As a thin-film capacitor to be used for an integrated circuit many kinds of materials, manufacturing methods and structures are proposed and actually being used. A typical thin-film capacitor and its manufacturing method and disclosed in U.S. Pat. No. 3,679,942. (Metal-Oxide-Metal, Thin-Film Capacitors and Method of Making Same", issued on June 25, 1972 by Daly). In this method, silane (SiH.sub.4) is chemically reacted with oxygen to make silicon oxide and it is deposited on a single-crystalline crystalline substrate of sapphire, magnesium-aluminate spinel or silicon. It is a method so called a chemical vapor-phase deposition method. The specification of this patent describes that the silicon oxide thus formed is improved much in its dielectric loss characteristic by heat treatment for more than six hours at a temperature of 395-425.degree. C. With this method good quality thin-film capacitors can be manufactured with good yield when a single crystalline substrate which has a flat and smooth surface is used, but when a ceramic substrate such as an alumina substrate is used troubles can occur. It is because of the fact that the withstand voltage and the production yield of the thin film capacitor largely depend on the existence of defects and their sizes on the surface of the substrate.

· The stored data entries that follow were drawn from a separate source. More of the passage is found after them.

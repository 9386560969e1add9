//! The last settlement of a closed session, from the bytes of its journal, which pass every test of
//! the checker.
#![tactic(auto)]

mod closing;
mod laws;
mod payments;
mod reading;
mod watch;

pub use ice_reading::{CheckEnd, JournalEnd, Rule};
pub use laws::bytes_have_one_last;
pub use reading::last;
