//! Laws of last settlements, which hold of the definitions.
ghost use Rattle.ice_last.specs.Laws.{OneLastAnswer};

/// But for want of memory, bytes have one answer: a last settlement, or one reason why there is
/// none.
pub fn bytes_have_one_last()
    ensures { OneLastAnswer }
{}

The dielectric constant of silicon oxide is about 4, and assuming the thickness of silicon oxide be 1 .mu.m, the capacitance of a thin-film capacitor of 1 square mm is 35 pF. The capacitors to be used in a microwave integrated circuit are shown in the following: the capacity of a DC blocking capacitor is 1-3 pF, that of an impedance matching capacitor is 0.5-5 pF, that of a bypass capacitor is 10-100 pF. Therefore the necessary area for a thin-film capacitor is in the range of about 200 .mu.m square to about 2 mm square. The probability that defects are caused in the part where a thin-film capacitor is formed is very high, and the short circuit between electrodes is apt to occur in this part, so that production yield and withstand voltage characteristic are much deteriorated. To increase the capacitance per unit area, when the film thickness is made thinner the area of a capacitor can be made small but withstand voltage characteristic per unit area is deteriorated. When the film thickness is increased withstand voltage characteristic per unit area is improved but the area of a capacitor has to be increased, which disturbs miniaturization and the degree of integration.
When a capacitor is made by a chemical vapor-phase deposition method, there is a limit in the film thickness to be formed. In an ordinary method when the film thickness grows more than about 2 .mu.m fine cracks begin to occur on the film and an electric characteristic is degraded. The thickness limit is practically about 5 .mu.m. Therefore the film thickness of silicon oxide thus formed is 1000 .ANG.-5 .mu.m. On the other hand, there are 2 or 3 pieces of defects per square mm which are large enough in size and depth in comparison with the film thickness of 1-5.mu.m on the surface of an ordinary alumina substrate even after mirror finish. Such large defects as described above cannot be covered with a chemical vapor-phase deposition film, in the edge part especially the film thickness becomes extremely thin and a short circuit between electrodes is apt to occur in this part. There is a so called thick film capacitor which can be used in an integrated circuit other than the thin-film capacitor. This type of capacitor is made by a method wherein a dielectric material is mixed with a binder or a solvent to make it a paste, and a thick film is formed on a substrate with it by a method of screen printing etc and it is baked at a high temperature. A thick film obtained in this way generally has a thickness of several scores of microns and so it is called a thick film capacitor. A thick film capacitor with an excellent withstand voltage characteristic can be easily obtained but the loss in a microwave band is large. Therefore the thick film capacitor is not used in the frequency range of more than 1 GHz.